Different learning rates/hyper-parameters for every element of a tensor

tumble-weed · November 3, 2018, 4:05am

I wanted to try out different sets of optimizer hyperparameters for each element of a tensor. I tried the following but I am getting a non-leaf tensor error, possibly because I am indexing the tensor:

y = torch.ones(3)
y.requires_grad_()
print(y)
opt2 = torch.optim.SGD([{'params':[y[0]],'lr':0.1},{'params':[y[1]],'lr':1},{'params':[y[2]],'lr':10}])
loss2 = y.sum()
opt2.zero_grad()
loss2.backward()
opt2.step()
print(y)

ValueError Traceback (most recent call last)
in ()
2 y.requires_grad_()
3 print(y)
----> 4 opt2 = torch.optim.SGD([{‘params’:[y[0]],‘lr’:0.1},{‘params’:[y[1]],‘lr’:1},{‘params’:[y[2]],‘lr’:10}])
5 loss2 = y.sum()
6 opt2.zero_grad()

/usr/local/lib/python3.6/dist-packages/torch/optim/sgd.py in init(self, params, lr, momentum, dampening, weight_decay, nesterov)
62 if nesterov and (momentum <= 0 or dampening != 0):
63 raise ValueError(“Nesterov momentum requires a momentum and zero dampening”)
—> 64 super(SGD, self).init(params, defaults)
65
66 def setstate(self, state):

/usr/local/lib/python3.6/dist-packages/torch/optim/optimizer.py in init(self, params, defaults)
41
42 for param_group in param_groups:
—> 43 self.add_param_group(param_group)
44
45 def getstate(self):

/usr/local/lib/python3.6/dist-packages/torch/optim/optimizer.py in add_param_group(self, param_group)
191 "but one of the params is " + torch.typename(param))
192 if not param.is_leaf:
→ 193 raise ValueError(“can’t optimize a non-leaf Tensor”)
194
195 for name, default in self.defaults.items():

ValueError: can’t optimize a non-leaf Tensor

albanD · November 4, 2018, 1:00pm

Hi,

When you do y[0], the Tensor you get is not a leaf tensor anymore.
Remember a leaf Tensor is one that you created with required_grad=True (and so is not the result of an operation).
You can only optimize leaf Tensors.

If you want to use builint optimizers, you will need to create one Tensor for every parameter and combine them during the forward pass:

# Create like this
y0 = torch.ones(1, requires_grad=True)
y1 = torch.ones(1, requires_grad=True)
y2 = torch.ones(1, requires_grad=True)

opt2 = torch.optim.SGD([{'params':[y0],'lr':0.1},{'params':[y1],'lr':1},{'params':[y2],'lr':10}])

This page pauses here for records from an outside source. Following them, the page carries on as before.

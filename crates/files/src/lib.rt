// Files, read into buffers that are lent: what the programs begin with.
#![tactic(auto)]

ghost use Rattle.std.specs.Counts.{IsPrefixLen};

use std::fs;
use std::io::Read;
use std::rt::Files;

// How many bytes of a file were read, which open the buffer: all of it, as far as the buffer holds them. A file that can't be opened is
// empty. Where a read fails, what came before it is what was read.
pub fn load(rt: &impl Files, name: &str, buf: &mut [u8]) -> usize
    ensures { IsPrefixLen result buf.new }
{
    match fs::open(rt, name) {
        Ok(mut file) => read_full(&mut file, buf),
        Err(_) => 0,
    }
}

// Reads until the buffer is full, the file ends or a read fails. No `for`: a step is as long as what a read gives.
fn read_full(file: &mut impl Read, buf: &mut [u8]) -> usize
    ensures { IsPrefixLen result buf.new }
{
    let mut done = 0;
    while done < buf.len() {
        match file.read(&mut buf[done..]) {
            Ok(0) | Err(_) => break,
            Ok(n) => done += n,
        }
    }
    done
}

# During the forward pass:
y = torch.cat([y0, y1, y2], 0)
# The rest of your forward

tumble-weed · November 4, 2018, 1:29pm

i tried the snippet i am pasting and i think i will have to execute a stack or cat after each optimizer.step call. In the snippet below the changes in the leaf tensors dont seem to be communicated to the cat/stack, while changes to the stack/cat are communicated to the leaf:

a = torch.randn(1,2)
b = torch.randn(1,2)
c = torch.cat([a,b],0)

print(a)
a.data = a.data+1
print(a)
print('*'*50)
print(c)
print('\n\n')
c.data[0,:] = c.data[0,:] *10
print(c,a)

tensor([[ 0.5121, -0.8800]])
tensor([[1.5121, 0.1200]])
**************************************************
tensor([[ 0.5121, -0.8800],
[-0.6470, 0.2288]])

tensor([[ 5.1207, -8.7999],
[-0.6470, 0.2288]]) tensor([[1.5121, 0.1200]])

albanD · November 5, 2018, 10:21am

Hi,

As I said, you will need to run cat for each forward pass.

The changes are never “communicated” to the input of cat or stack, these are out of place operations.
The weird behavior you see when you print a in the end is just because you changed a first.